Table 3: The keywords of each topic, assuming 7 topics
Topic 1 Topic 2 Topic 3 Topic 4 Topic 5 Topic 6 Topic 7
conserv god www won violenc peopl power
polit religion http vote gun kennedi california
religion thing html count report elect electr
liber jesu index gore school cnn don
govern bibl cnn bush youth dai blackout
mind doesn time stop children live plant
free white world hand point call energi
opinion don thing recount home bush deregul
form work stori court drug back state
life kill good florida famili man problem
philosophi talk make don major senat crisi
establish good put win gener presid build
 

Estimating less than 7 topics gives a subset of the most clearly formed topics, in addition to a mixture of the other chat contributions. This is seen in Table 4 where 4 topics are assumed. Topics 1, 3 and 4 now correspond to topics 5, 2 and 7 in Table 3, and topic 2 is now a mixture of several discussions.

 
Table 4: The most representative terms of each topic, assuming 4 topics
Topic 1 Topic 2 Topic 3 Topic 4
violenc bush god power
gun don peopl california
report good religion electr
school thing make energi
youth kennedi jesu blackout
children hear life plant
point time call peopl
major white bibl deregul
peopl fact doesn state
drug vote man dai
home www back build
famili talk read compani
 

Our experimental results suggest that the topics are not strictly independent of others, but instead some topics share commonalities and some are more distinct from others. This encourages a topographical extension of the complexity pursuit algorithm in the future.

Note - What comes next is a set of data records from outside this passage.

//! Turns and majorities at the corners of small pages.
ghost use Rattle.turn_policies.specs.PixelCorner.{IsCorner};

use page_samples::drawn;
use pt_core::{Point, Policy, Sign};
use std::test::Fail;
use turn_policies::{Dir, major, turn};

/// A corner of the widest page.
fn corner(x: i32, y: i32) -> Point
    ensures { IsCorner result }
{
    Point {
        x: x.max(0).min(32767),
        y: y.max(0).min(32767),
    }
}

/// A corner, the heading with which a path arrives there, the turn policy, the sign of the path, and the heading with
/// which it leaves.
const TURNS: &[(i32, i32, Dir, Policy, Sign, Dir)] = &[
    // A corner at which two black pixels meet.
    (1, 1, Dir::East, Policy::Left, Sign::Plus, Dir::North),
    (1, 1, Dir::East, Policy::Right, Sign::Plus, Dir::South),
    (1, 1, Dir::East, Policy::Black, Sign::Plus, Dir::South),
    (1, 1, Dir::East, Policy::Black, Sign::Minus, Dir::North),
    (1, 1, Dir::East, Policy::White, Sign::Plus, Dir::North),
    (1, 1, Dir::East, Policy::White, Sign::Minus, Dir::South),
    (1, 1, Dir::East, Policy::Majority, Sign::Plus, Dir::North),
    (1, 1, Dir::East, Policy::Minority, Sign::Minus, Dir::South),
    // At the edge of the page and beyond.
    (0, 2, Dir::West, Policy::Minority, Sign::Plus, Dir::South),
    (0, 1, Dir::South, Policy::Minority, Sign::Plus, Dir::East),
    (2, 0, Dir::East, Policy::Minority, Sign::Plus, Dir::North),
    (2, 1, Dir::North, Policy::Minority, Sign::Plus, Dir::West),
    (
        32767,
        32767,
        Dir::North,
        Policy::Minority,
        Sign::Plus,
        Dir::West,
    ),
];

#[test]
fn turns_on_a_small_page(rt: HostRuntime) -> Result<(), Fail> {
    let page = drawn(rt.alloc(), &["#.", ".#"])?;
    for &(x, y, from, policy, sign, to) in TURNS {
        let found = turn(&page, corner(x, y), from, policy, sign);
        assert_eq!(rt; found, to, "at {x}, {y}: {policy:?}, {sign:?}");
    }
    Ok(())
}

const QUARTERS: [&str; 8] = [
    "####....", "####....", "####....", "####....", "....####", "....####", "....####", "....####",
];

// At the centre of four quarters all rings tie. Around the centre of one quarter black has the majority, and at a
// corner of the page white has it.
const MAJORITIES: &[(i32, i32, bool)] = &[
    (4, 4, false),
    (6, 2, true),
    (2, 6, true),
    (2, 2, false),
    (8, 8, false),
    (0, 8, false),
    (12, 4, false),
    (32767, 32767, false),
];

#[test]
fn majorities_of_quarters(rt: HostRuntime) -> Result<(), Fail> {
    let page = drawn(rt.alloc(), &QUARTERS)?;
    for &(x, y, black) in MAJORITIES {
        assert_eq!(rt; major(&page, corner(x, y)), black, "at {x}, {y}");
    }
    Ok(())
}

5. CONCLUSIONS AND FUTURE WORK

In this paper we have shown experimental results on how minimum complexity projections of a dynamically evolving textual data identify some underlying latent or hidden topics in the text stream. In contrast to static text collections, methods for analyzing dynamical text have been sparse. As an example of such dynamically evolving data we used chat line discussion data that is found in the Internet relay chat rooms. We modeled the topics as probability distributions on terms; the distributions having minimum complexity were assumed to best represent the distinct topics.

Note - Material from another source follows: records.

//! A table of steps.
ghost use Rattle.std.specs.Prelude.{◌≡◌, ◌+◌, ◌-◌, ◌^◌, ◌<◌, ◌≤◌, ◌⊎◌, ◌==◌, ◌&&◌};
ghost use Rattle.std.specs.Prelude.{find, IsSome, unwrap_or, min, option_map};

use least_walk::Steps;

/// A step's start and end, and its cost.
pub(super) type Listed = (u32, u32, u64);

/// The steps to the next index, which cost nothing if they aren't listed, and all listed steps.
#[derive(Drop)]
pub(super) struct Table<'a> {
    size: u32,
    listed: &'a [Listed],
    ghost some: { 1 ≤ size },
    ghost few: { size ≤ 2 ^ 31 },
}

impl<'a> Table<'a> {
    const GREATEST: u64 = (1 << 56) - 1;

    pub(super) fn new(size: u32, listed: &'a [Listed]) -> Table<'a>
        requires some { 1 ≤ size }
        requires few { size ≤ 2 ^ 31 }
    {
        Table { size, listed }
    }

    fn listed_cost(&self, from: u32, to: u32) -> Option<u64>
        ensures { result ≡ option_map (λ step. step.2)
            (find (λ step. (step.0 == from) && (step.1 == to)) self.now.listed.now) }
    {
        self.listed
            .iter()
            .find(|step| step.0 == from && step.1 == to)
            .map(|step| step.2)
    }
}

impl Steps for Table<'_> {
    ghost use Rattle.std.proofs.Common.{arith, refl, inl};

    ghost size_of = { λ t. t.size };

    ghost last_of = { λ t i. t.size };

    ghost is_allowed = { λ t i j. (i < j) × (j ≤ t.size)
        × ((j ≡ i + 1) ⊎ IsSome (find (λ step. (step.0 == i) && (step.1 == j)) t.listed.now)) };

    ghost cost_of = { λ t i j. min (2 ^ 56 - 1) (unwrap_or (option_map (λ step. step.2)
        (find (λ step. (step.0 == i) && (step.1 == j)) t.listed.now)) 0) };

    fn size(&self) -> u32 {
        self.size
    }

    fn last(&self, _from: u32) -> u32 {
        self.size
    }

    fn allowed(&self, from: u32, to: u32) -> bool {
        to == from + 1 || self.listed_cost(from, to).is_some()
    }

    fn cost(&self, from: u32, to: u32) -> u64 {
        Table::GREATEST.min(self.listed_cost(from, to).unwrap_or(0))
    }

    ghost least_size = { λ t. t.some };

    ghost greatest_size = { λ t. t.few };

    ghost last_is_beyond = { λ t i below. below };

    ghost last_is_within = { λ t i below. Prim.omega arith };

    ghost next_is_allowed = { λ t i below. (Prim.omega arith, Prim.omega arith, inl refl) };

    ghost allowed_goes_up = { λ t i j below allowed. allowed.0 };

    ghost allowed_ends_at_last = { λ t i j below allowed. allowed.1 };

    ghost greatest_cost = { λ t i j below allowed. Prim.omega arith };
}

In our experiments we were able to find distinct and meaningful topics of the discussion, outperforming some more traditional methods. The results suggest that our method could serve in queries on temporally changing text stream, of which news-feed data is another example.

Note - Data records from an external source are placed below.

//! The paths of small pages, and those of noise compared with a plain program.
ghost use Rattle.std.specs.Prelude.{All};
ghost use Rattle.pt_core.specs.ClosedWalk.{IsClosedWalk};
ghost use Rattle.path_decompose.specs.Bounds.{IsCornerOf};

use crate::tests::plain::paths_to_the_right;
use page_samples::{checkered, drawn, noise};
use path_decompose::{decompose, inside, keep};
use pt_base::points;
use pt_core::{Path, Policy, Sign};
use std::alloc::Global;
use std::test::Fail;

/// Whether this is the points text of a page's paths that are larger than this area.
fn is_shown(
    alloc: Global,
    rows: &[&str],
    policy: Policy,
    most: u32,
    text: &str,
) -> Result<bool, Fail> {
    let page = drawn(alloc, rows)?;
    let paths = keep(decompose(alloc, &page, policy)?, most);
    let shown = points(alloc, page.width(), page.height(), &paths)?;
    Ok(shown.as_slice() == text.as_bytes())
}

/// A page, the turn policy, the greatest area of a speckle, and the points text of the paths that are kept.
const PAGES: &[(&[&str], Policy, u32, &str)] = &[
    (&["."], Policy::Left, 0, "points 1 1 0\n"),
    (
        &["#"],
        Policy::Left,
        0,
        "points 1 1 1\n+ 1 0,1 0,0 1,0 1,1\n",
    ),
    (
        &["##"],
        Policy::Minority,
        0,
        "points 2 1 1\n+ 2 0,1 0,0 1,0 2,0 2,1 1,1\n",
    ),
    (
        &["#.", ".#"],
        Policy::Left,
        0,
        "points 2 2 2\n+ 1 0,2 0,1 1,1 1,2\n+ 1 1,1 1,0 2,0 2,1\n",
    ),
    (
        &["#.", ".#"],
        Policy::Majority,
        0,
        "points 2 2 2\n+ 1 0,2 0,1 1,1 1,2\n+ 1 1,1 1,0 2,0 2,1\n",
    ),
    (
        &["#.", ".#"],
        Policy::Right,
        0,
        "points 2 2 1\n+ 2 0,2 0,1 1,1 1,0 2,0 2,1 1,1 1,2\n",
    ),
    (
        &["#.", ".#"],
        Policy::Minority,
        0,
        "points 2 2 1\n+ 2 0,2 0,1 1,1 1,0 2,0 2,1 1,1 1,2\n",
    ),
    (
        &["###", "#.#", "###"],
        Policy::Minority,
        0,
        "points 3 3 2\n+ 9 0,3 0,2 0,1 0,0 1,0 2,0 3,0 3,1 3,2 3,3 2,3 1,3\n- 1 1,2 1,1 2,1 2,2\n",
    ),
    (
        &[".........", "#........"],
        Policy::Minority,
        0,
        "points 9 2 1\n+ 1 0,1 0,0 1,0 1,1\n",
    ),
    (
        &["#.#", ".#.", "#.#"],
        Policy::Left,
        0,
        "points 3 3 5\n+ 1 0,3 0,2 1,2 1,3\n+ 1 2,3 2,2 3,2 3,3\n+ 1 1,2 1,1 2,1 2,2\n\
         + 1 0,1 0,0 1,0 1,1\n+ 1 2,1 2,0 3,0 3,1\n",
    ),
    (
        &["#.#", ".#.", "#.#"],
        Policy::Right,
        0,
        "points 3 3 1\n+ 5 0,3 0,2 1,2 1,1 0,1 0,0 1,0 1,1 2,1 2,0 3,0 3,1 2,1 2,2 3,2 3,3 2,3 2,2 1,2 1,3\n",
    ),
    // Black has the majority around corner (2, 2) of the page, but no longer after the first path is removed.
    (
        &["#.##", ".#.#", "####"],
        Policy::Majority,
        0,
        "points 4 3 2\n+ 1 0,3 0,2 1,2 1,3\n\
         + 8 2,3 2,2 3,2 3,1 2,1 2,2 1,2 1,1 0,1 0,0 1,0 2,0 3,0 4,0 4,1 4,2 4,3 3,3\n",
    ),
    // Speckles have at most the limit's area.
    (
        &["##.#"],
        Policy::Minority,
        0,
        "points 4 1 2\n+ 2 0,1 0,0 1,0 2,0 2,1 1,1\n+ 1 3,1 3,0 4,0 4,1\n",
    ),
    (
        &["##.#"],
        Policy::Minority,
        1,
        "points 4 1 1\n+ 2 0,1 0,0 1,0 2,0 2,1 1,1\n",
    ),
    (&["##.#"], Policy::Minority, 2, "points 4 1 0\n"),
];

#[test]
fn paths_of_small_pages(rt: HostRuntime) -> Result<(), Fail> {
    for &(rows, policy, most, text) in PAGES {
        let same = is_shown(rt.alloc(), rows, policy, most, text)?;
        assert!(rt; same, "{policy:?}: {text}");
    }
    Ok(())
}

const POLICIES: &[Policy] = &[
    Policy::Left,
    Policy::Right,
    Policy::Black,
    Policy::White,
    Policy::Majority,
    Policy::Minority,
];

// In each of the 64 rows and 64 columns there are 63 edges between two pixels, and each side of the page has 32 black
// pixels.
#[test]
fn a_checkerboard_uses_each_edge(rt: HostRuntime) -> Result<(), Fail> {
    let page = checkered(rt.alloc(), 64)?;
    for &policy in POLICIES {
        let paths = decompose(rt.alloc(), &page, policy)?;
        assert_eq!(rt; edges_of(&paths), 8192, "{policy:?}");
    }
    Ok(())
}

/// The number of edges of all paths.
fn edges_of(paths: &[Path]) -> usize {
    let mut edges = 0usize;
    for path in paths {
        edges = edges.saturating_add(path.points.as_slice().len());
    }
    edges
}

/// The sides of pages and their seeds. The widths are around the ends of words.
const NOISE: &[(usize, usize, u64)] = &[(1, 5, 1), (63, 6, 2), (64, 6, 3), (65, 6, 4), (130, 9, 5)];

#[test]
fn paths_are_those_of_the_plain_page(rt: HostRuntime) -> Result<(), Fail> {
    for &(width, height, seed) in NOISE {
        let page = noise(rt.alloc(), width, height, seed)?;
        let mut paths = Vec::new(rt.alloc());
        for path in &decompose(rt.alloc(), &page, Policy::Right)? {
            let points = path.points.as_slice();
            if let Some(start) = points.first() {
                let (x, y) = (
                    start.x.unsigned_abs() as usize,
                    start.y.unsigned_abs() as usize,
                );
                paths.push((x, y, points.len(), path.area as usize))?;
            }
        }
        assert_eq!(rt;
            paths,
            paths_to_the_right(rt.alloc(), &page)?,
            "{width} by {height}"
        );
    }
    Ok(())
}

#[test]
fn the_hole_is_inside_both_paths(rt: HostRuntime) -> Result<(), Fail> {
    let page = drawn(rt.alloc(), &["###", "#.#", "###"])?;
    // From this call the proof knows that the page's sides have an upper limit.
    let _ = page.width();
    for path in &decompose(rt.alloc(), &page, Policy::Minority)? {
        assert_eq!(rt; insides(path), wanted_insides(path.sign));
    }
    Ok(())
}

/// Which of the five places are inside the outer path, and which are inside the hole's path.
fn wanted_insides(sign: Sign) -> [bool; 5] {
    match sign {
        Sign::Plus => [true, true, true, false, false],
        Sign::Minus => [false, true, false, false, false],
    }
}

/// Whether a black pixel, the hole, another black pixel and two places beside the page are inside the path.
fn insides(path: &Path) -> [bool; 5]
    requires closed { IsClosedWalk path.now.points }
    requires corners { All (IsCornerOf 32767 32767) path.now.points }
{
    [
        inside(path, 0, 0),
        inside(path, 1, 1),
        inside(path, 2, 1),
        inside(path, 3, 1),
        inside(path, 1, 3),
    ]
}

As some topics of discussion are more distinct than others, natural extensions of the work include recursive binary partitioning [10] of the data, or finding the topographic structure [4] of the topics.

6. REFERENCES

    1
    R. A. Baeza-Yates and B. Ribeiro-Neto. Modern Information Retrieval. ACM Press, New York, 1999.

    2
    S. Deerwester et al. Indexing by latent semantic analysis. Journal of the American Society for Information Science, 41(6):391-407, 1990.

    3
    A. Hyvärinen. Complexity pursuit: separating interesting components from time-series. Neural Computation. To appear.

    4
    A. Hyvärinen, P. O. Hoyer, and M. Inki. Topographic independent component analysis. Neural Computation. To appear.

    5
    C. L. Isbell and P. Viola. Restucturing sparse high dimensional data for effective retrieval. In Advances in Neural Information Processing Systems 11, pages 480-486, 1998.

    6
    A. Kabán and M. Girolami. Unsupervised topic separation and keyword identification in document collections: a projection approach. Tech. Rep. 10, Dept. of Computing and Information Systems, University of Paisley, August 2000.

    7
    T. Kohonen et al. Self organization of a massive document collection. IEEE Transactions on Neural Networks, 11(3):574-585, May 2000. Special Issue on Neural Networks for Data Mining and Knowledge Discovery.

    8
    T. Kolenda and L. K. Hansen. Dynamical components of chat. Tech. rep., Technical University of Denmark, 2000.

    9
    T. Kolenda, L. K. Hansen, and S. Sigurdsson. Independent components in text. In M. Girolami, editor, Advances in Independent Component Analysis, chapter 13, pages 235-256. Springer-Verlag, 2000.

    10
    P. Pajunen and M. Girolami. Implementing decisions in binary decision trees using independent component analysis. In P. Pajunen and E. Oja, editors, Proc. of ICA2000, pages 477-481.

    11
    G. Salton and M. McGill. Introduction to modern information retrieval. McGraw-Hill, New York, 1983.